A few weeks ago I took my family to the beach for the weekend. Finn wanted to watch the sun rise over the water. Finn has just turned six. I explained that we were in the wrong part of Australia to do that, but from our geographical spot we could probably see the sunset.
I was tired. I didn't want to drag my sorry self out of the house and down to the beach. But Finn knew that we must. We also had half a bucket of pipi's left over from dinner. The boys had caught them that day down at Venus Bay and we hadn't used them all in our dinner. They were stretching and swimming in their little plastic home and my heart was breaking for them. It was their time to feed.
Resolutely I shook the tiredness from my eyes, took the boy by the hand and we headed to the water, just me and my little man and our bucket of pipi's. In that moment I loved them as much as my own new baby.
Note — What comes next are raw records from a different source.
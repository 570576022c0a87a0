//! The shares of all workers.
ghost use Rattle.std.specs.Prelude.{◌≡◌, ◌<◌, ◌^◌, length, IfOk};
ghost use Rattle.report_shares.specs.Shares.{shares_of};

use crate::callers::callers_of;
use crate::lane::push_lane;
use crate::share::Share;
use batch_history::{Batch, Row};
use std::alloc::{AllocError, Global};

/// The shares of the workers of rows and a book, which need not be lawful, worker after worker, each from its first
/// column on.
///
/// Time: the leaves of the book are sorted, all rows are passed once for each worker, and each row of a worker is looked
/// at once for each column.
pub fn shares(
    alloc: Global,
    workers: u32,
    rows: &[Row],
    book: &[Batch],
) -> Result<Vec<Share>, AllocError>
    requires { length rows.now < 2 ^ 32 }
    ensures { IfOk result (λ shares. shares.items
        ≡ shares_of (record { workers = workers; history = book.now; rows = rows.now })) }
{
    let callers = callers_of(alloc, book)?;
    let mut shares = Vec::new(alloc);
    for worker in 0..workers {
        push_lane(alloc, &mut shares, &callers, rows, worker)?;
    }
    Ok(shares)
}
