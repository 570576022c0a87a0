//! The laws of the shares, each stated as the contract of an empty function.
ghost use Rattle.std.specs.Prelude.{ℕ};
ghost use Rattle.sp_order.specs.Jobs.{JobValue};
ghost use Rattle.batch_history.specs.Lawful.{Lawful};
ghost use Rattle.batch_history.specs.declared.report.Report.{Report};
ghost use Rattle.report_shares.specs.Meaning.{TakeEachTick, FitColumns, AreAllTicks};

/// The columns begin with the first tick, each begins where the one before ends, and the last one ends with the last
/// tick.
pub fn columns_take_each_tick()
    ensures { (leaves : ℕ) → TakeEachTick leaves }
{}

/// No worker of a lawful report works and calls for more ticks of a column than it has.
pub fn lawful_shares_fit_their_columns()
    ensures { (job : JobValue) (workers : ℕ) (report : Report) → Lawful job workers report → FitColumns report }
{}

/// All shares of a lawful report together are the ticks that its rows last.
pub fn lawful_shares_are_all_ticks()
    ensures { (job : JobValue) (workers : ℕ) (report : Report) → Lawful job workers report → AreAllTicks report }
{}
We made it to the beach in time to see the sun sliding behind the sand dunes. The tide was high and Finn joyously threw the pipi's into the water. Immediately they began to burrow deep into the sand. I was in tears. Finn danced on the sand and exclaimed again and again, 'This is so beautiful mum!'.
We waited until the pipi's were deep into the sand and we slowly walked back to our car. Not since the birth of Luka had we done anything, just the two of us. It felt so good to be honouring the close of the day, the cleansing ocean, and my son's profound and deeply self-assured instincts to be there in the first place.
It took a little more effort but the reward was great. I could see the love pouring out of my first born for he had been heard and recognised for the great wise being that he is.